De l’identité à la mémoire (présence de l’absence).

« Je ne « me ressemble » que dans un visage toujours absent à moi et au dehors de moi, non comme un reflet mais comme un portrait porté au devant de moi, toujours en avance sur moi. »[1]Lorsqu’il est question de son identité, il est aussi souvent question de sa mémoire. En effet l’identité d’un individu, en plus de s’appuyer sur l’altérité, repose sur ses expériences emmagasinées dans sa mémoire ainsi que sur la mémoire collective que constitue la culture à laquelle on appartient (par tradition ou  par désir). « Pour les groupes, la prise de conscience d’éléments partagés au cours d’une histoire commune génère le sentiment d’identité. L’identité collectives de groupes larges peut prendre naissance lorsque les membres du groupe prennent connaissance de leur histoire collective. »[2]. L’histoire collective, c’est la mémoire, une mémoire, au même titre que notre propre mémoire elle agit sur la formation de l’identité, elle en est un sous – bassement. Elle agit aussi bien sur l’identité collective que sur l’identité personnelle.Lorsque je me vois en photo, je vois un portrait de moi qui n’est pas moi, je vois mon absence. C’est pour cela que Cindy Sherman peut dire qu’elle  ne se reconnaît pas lorsqu’elle utilise son visage dans son œuvre. Elle n’y voit pas un autoportrait mais un portrait de quelqu’un qui n’est pas elle. Le cliché photographique a mémorisé une présence passée et nous présente son absence. Le tirage photographique actualise un souvenir, une trace du passé, une mise au présent de l’absence. L’absence, c’est une mémoire, un éloignement de soi, une mise à distance. La formation de l’identité « commence là où cesse l’utilité de l’identification »[3], l’identité personnelle se forme lorsqu’une mise à distance suffisante permet de se positionner par rapport à autrui et à soi-même.

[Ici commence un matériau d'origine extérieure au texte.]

/// Written out, so that what drops one makes one call of it and doesn't take apart what it holds.
impl Drop for Pool {
    fn drop(self) {
        let Pool {
            block: _block,
            entries: _entries,
        } = self;
    }
}

impl Model for Pool {
    ghost use Rattle.std.specs.Prelude.{List, Option};
    ghost use Rattle.jl_pool.specs.declared.constant.Constant.{Constant};
    ghost use Rattle.jl_pool.specs.ForProofs.Table.{pool_of, IsKept};

    ghost Value = { List (Option Constant) };

    ghost view = { λ p. pool_of p.block p.entries.items };

    ghost invariant = { λ p. IsKept p.block p.entries.items };
}

impl Pool {
    ghost use Rattle.std.specs.Prelude.{MatchOption, IfSome};
    ghost use Rattle.std.specs.Option.{IsSomeAnd};
    ghost use Rattle.jl_names.specs.MethodTypes.{IsMethodDescriptor, TakesSlots};
    ghost use Rattle.jl_pool.specs.Pools.{places, pool_text, IsSoundPool, constant_at as standing_at, named_descriptor, class_text_at, class_at};
    ghost use Rattle.jl_pool.specs.Pools.{both, signed_at, reference, reference_at, call_site_at};
    ghost use Rattle.jl_pool.specs.ForProofs.Forms.{signed_names};
    ghost use Rattle.jl_pool.specs.Faults.{PoolStands, IsPoolFault};

    /// The pool at the front, from its count on, and how many bytes it takes. More bytes may follow.
    ///
    /// # Errors
    ///
    /// In the order in which they are looked for (JVMS SE 17 §4.4). A number is that of the first such entry. `BadTag` and
    /// `Truncated` are looked for entry by entry.
    ///
    /// - `BadTag`: the tag is unknown; or a Long's or a Double's second number isn't below the count (§4.4.5); or the
    ///   count is 0, and then the number is 0.
    /// - `Truncated`: the bytes end before the pool does.
    /// - `BadUtf8`: a Utf8 is no modified UTF-8 (§4.4.7).
    /// - `BadIndex`: the entry names a number at which nothing of the right kind stands. Each text is good.
    /// - `BadDescriptor`: the entry names a text that is no class name or descriptor of the right kind (§4.2.1, §4.3).
    ///   Each text and each number is good.
    /// - `Memory`: want of memory, at any time.
    pub fn read(alloc: Global, bytes: &[u8]) -> Result<(Pool, usize), PoolFault>
        ensures ok { IfOk result (λ x. (cs : List Constant) × (left : List ℕ) × PoolStands bytes.now cs left
            × IsSoundPool cs × (x.0 ≡ places cs) × (x.1 ≡ length (pool_text cs))) }
        ensures fault { IfErr result (IsPoolFault bytes.now) }
    {
        let (pool, used, bad) = pool_at(alloc, bytes)?;
        pool.check(bad)?;
        Ok((pool, used))
    }

    /// How many numbers it has, and number 0 with them: fewer than 65,536.
    pub fn len(&self) -> usize
        ensures length { result ≡ length self.now }
        ensures few { result < 2 ^ 16 }
    {
        self.entries.len()
    }

    /// Whether it has no number, not even 0.
    pub fn is_empty(&self) -> bool
        ensures { result ≡ (length self.now == 0) }
    {
        self.len() == 0
    }

    /// How many numbers it has, and number 0 with them, in 16 bits.
    pub(crate) fn count(&self) -> u16
        ensures { result ≡ length self.now }
    {
        self.len() as u16
    }

    /// The constant at a number. None stands at number 0, nor at the second number of a Long or a Double (§4.4.5).
    pub fn constant(&self, number: u16) -> Option<Constant<'_>>
        ensures { result ≡ standing_at self.now number }
    {
        constant_in(self.block.as_slice(), entry_at(&self.entries, number))
    }

    /// What is kept of what stands at a number.
    pub(crate) fn entry(&self, number: u16) -> KeptConstant
        ensures { Shows result (standing_at self.now number) }
    {
        entry_at(&self.entries, number)
    }

    /// The text of the Utf8 at a number.
    pub fn utf8(&self, number: u16) -> Option<LentName<'_>>
        ensures { result ≡ text_at self.now number }
    {
        text_in(&self.block, entry_at(&self.entries, number))
    }

    /// The text of the Utf8 at a number, or the empty text if no Utf8 stands there.
    pub fn text_or_nothing(&self, number: u16) -> LentName<'_>
        ensures { result ≡ unwrap_or (text_at self.now number) [] }
    {
        match self.utf8(number) {
            Some(text) => text,
            None => LentName::within(&self.block, 0, 0),
        }
    }

    /// What the text of the Utf8 at a number may stand for.
    pub fn form(&self, number: u16) -> Option<Form>
        ensures { result ≡ option_map form_of (text_at self.now number) }
    {
        form_in(entry_at(&self.entries, number))
    }

    /// The text of the Class at a number: a class name, or an array's descriptor.
    pub fn class_text(&self, number: u16) -> Option<LentName<'_>>
        ensures { result ≡ class_text_at self.now number }
    {
        match self.entry(number) {
            KeptConstant::Class(name) => self.utf8(name),
            _ => None,
        }
    }

    /// The name of the Class at a number, if it is no array's.
    #[tactic(auto, unfolding(crate::specs::ForProofs::Forms::form_of))]
    pub fn class_name(&self, number: u16) -> Option<LentName<'_>>
        ensures { result ≡ class_at self.now number }
    {
        match self.entry(number) {
            KeptConstant::Class(name) => match self.form(name) {
                Some(form) if form.class_name => self.utf8(name),
                _ => None,
            },
            _ => None,
        }
    }

    /// The name and the descriptor of the NameAndType at a number.
    fn signed(&self, number: u16) -> Option<(LentName<'_>, LentName<'_>)>
        ensures { option_map signed_names result ≡ signed_at self.now number }
    {
        match self.entry(number) {
            KeptConstant::NameAndType(name, ty) => Some((self.utf8(name)?, self.utf8(ty)?)),
            _ => None,
        }
    }

    /// The method of a class with a name and descriptor.
    fn reference(&self, itf: bool, owner: u16, signed: u16) -> Option<Reference<LentName<'_>>>
        ensures { result ≡ both (reference itf) (class_text_at self.now owner) (signed_at self.now signed) }
    {
        let owner = self.class_text(owner)?;
        let (name, ty) = self.signed(signed)?;
        Some(Reference {
            itf,
            owner,
            name,
            ty,
        })
    }

    /// The method that the Methodref or InterfaceMethodref at a number names.
    pub fn method_ref(&self, number: u16) -> Option<Reference<LentName<'_>>>
        ensures { result ≡ reference_at self.now number }
    {
        match self.entry(number) {
            KeptConstant::Methodref(owner, signed) => self.reference(false, owner, signed),
            KeptConstant::InterfaceMethodref(owner, signed) => {
                self.reference(true, owner, signed)
            }
            _ => None,
        }
    }

    /// The call site that the InvokeDynamic at a number gives.
    pub fn dynamic(&self, number: u16) -> Option<CallSiteSpecifier<LentName<'_>>>
        ensures { result ≡ call_site_at self.now number }
    {
        match self.entry(number) {
            KeptConstant::InvokeDynamic(bootstrap, signed) => {
                let (name, ty) = self.signed(signed)?;
                Some(CallSiteSpecifier {
                    bootstrap,
                    name,
                    ty,
                })
            }
            _ => None,
        }
    }

    /// Whether an entry of this tag stands at a number.
    pub fn has_tag(&self, tag: u8, number: u16) -> bool
        ensures { result ≡ has_tag self.now (tag ∷ []) number }
    {
        match self.entry(number) {
            KeptConstant::Nothing => false,
            KeptConstant::Utf8(_, _, _) => tag == 1,
            KeptConstant::Integer(_) => tag == 3,
            KeptConstant::Float(_) => tag == 4,
            KeptConstant::Long(_) => tag == 5,
            KeptConstant::Double(_) => tag == 6,
            KeptConstant::Class(_) => tag == 7,
            KeptConstant::String(_) => tag == 8,
            KeptConstant::Fieldref(_, _) => tag == 9,
            KeptConstant::Methodref(_, _) => tag == 10,
            KeptConstant::InterfaceMethodref(_, _) => tag == 11,
            KeptConstant::NameAndType(_, _) => tag == 12,
            KeptConstant::MethodHandle(_, _) => tag == 15,
            KeptConstant::MethodType(_) => tag == 16,
            KeptConstant::Dynamic(_, _) => tag == 17,
            KeptConstant::InvokeDynamic(_, _) => tag == 18,
            KeptConstant::Module(_) => tag == 19,
            KeptConstant::Package(_) => tag == 20,
        }
    }

    /// The slots of the parameters of the method or the call site that the entry at a number names. None if it names
    /// neither, or if no method has that descriptor (§4.3.3).
    pub fn slots(&self, number: u16) -> Option<u8>
        ensures { MatchOption result (IfSome (named_descriptor self.now number) (λ ty. ¬ IsMethodDescriptor ty))
            (λ n. (n ≤ 255) × IsSomeAnd (named_descriptor self.now number) (λ ty. TakesSlots ty n)) }
    {
        slots_of(self.named_form(number))
    }

    /// The form of the descriptor of the method or the call site that the entry at a number names.
    fn named_form(&self, number: u16) -> Option<Form>
        ensures { result ≡ option_map form_of (named_descriptor self.now number) }
    {
        match self.entry(number) {
            KeptConstant::Methodref(_, signed) => self.descriptor_form(signed),
            KeptConstant::InterfaceMethodref(_, signed) => self.descriptor_form(signed),
            KeptConstant::InvokeDynamic(_, signed) => self.descriptor_form(signed),
            _ => None,
        }
    }

    /// The form of the descriptor of the NameAndType at a number.
    pub(crate) fn descriptor_form(&self, number: u16) -> Option<Form>
        ensures { result ≡ option_map form_of (descriptor_at self.now number) }
    {
        match self.entry(number) {
            KeptConstant::NameAndType(_, ty) => self.form(ty),
            _ => None,
        }
    }
}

Il nous faut trouver la bonne distance affective. Ce qui a perdu Narcisse[4], c’est de ne pas avoir su trouver cette distance affective, de ne pas permettre à son image d’être absente à lui-même. Il n’a pas réussit à se contenter du souvenir de son image absente, la mémoire lui a fait défaut. Ou plus exactement il n’a pas virtualisé l’image reflet de lui-même pour en faire un élément de mémoire capable d’être actualisé par le souvenir qui rend présent l’absent. 

[1] Jean-Luc Nancy, Le regard du portrait, Paris, Ed. Galilée, 2001, p. 48.
[2] Alex Mucchielli, L’identité, Paris, Ed. PUF(4ème Ed.), 1999, p. 70.
[3] Alex Mucchielli, L’identité, Paris, Ed. PUF(4ème Ed.), 1999, p.76.
[4] je fais référence ici au Narcisse de Ovide dans les Métamorphoses « Narcisse et Echo ».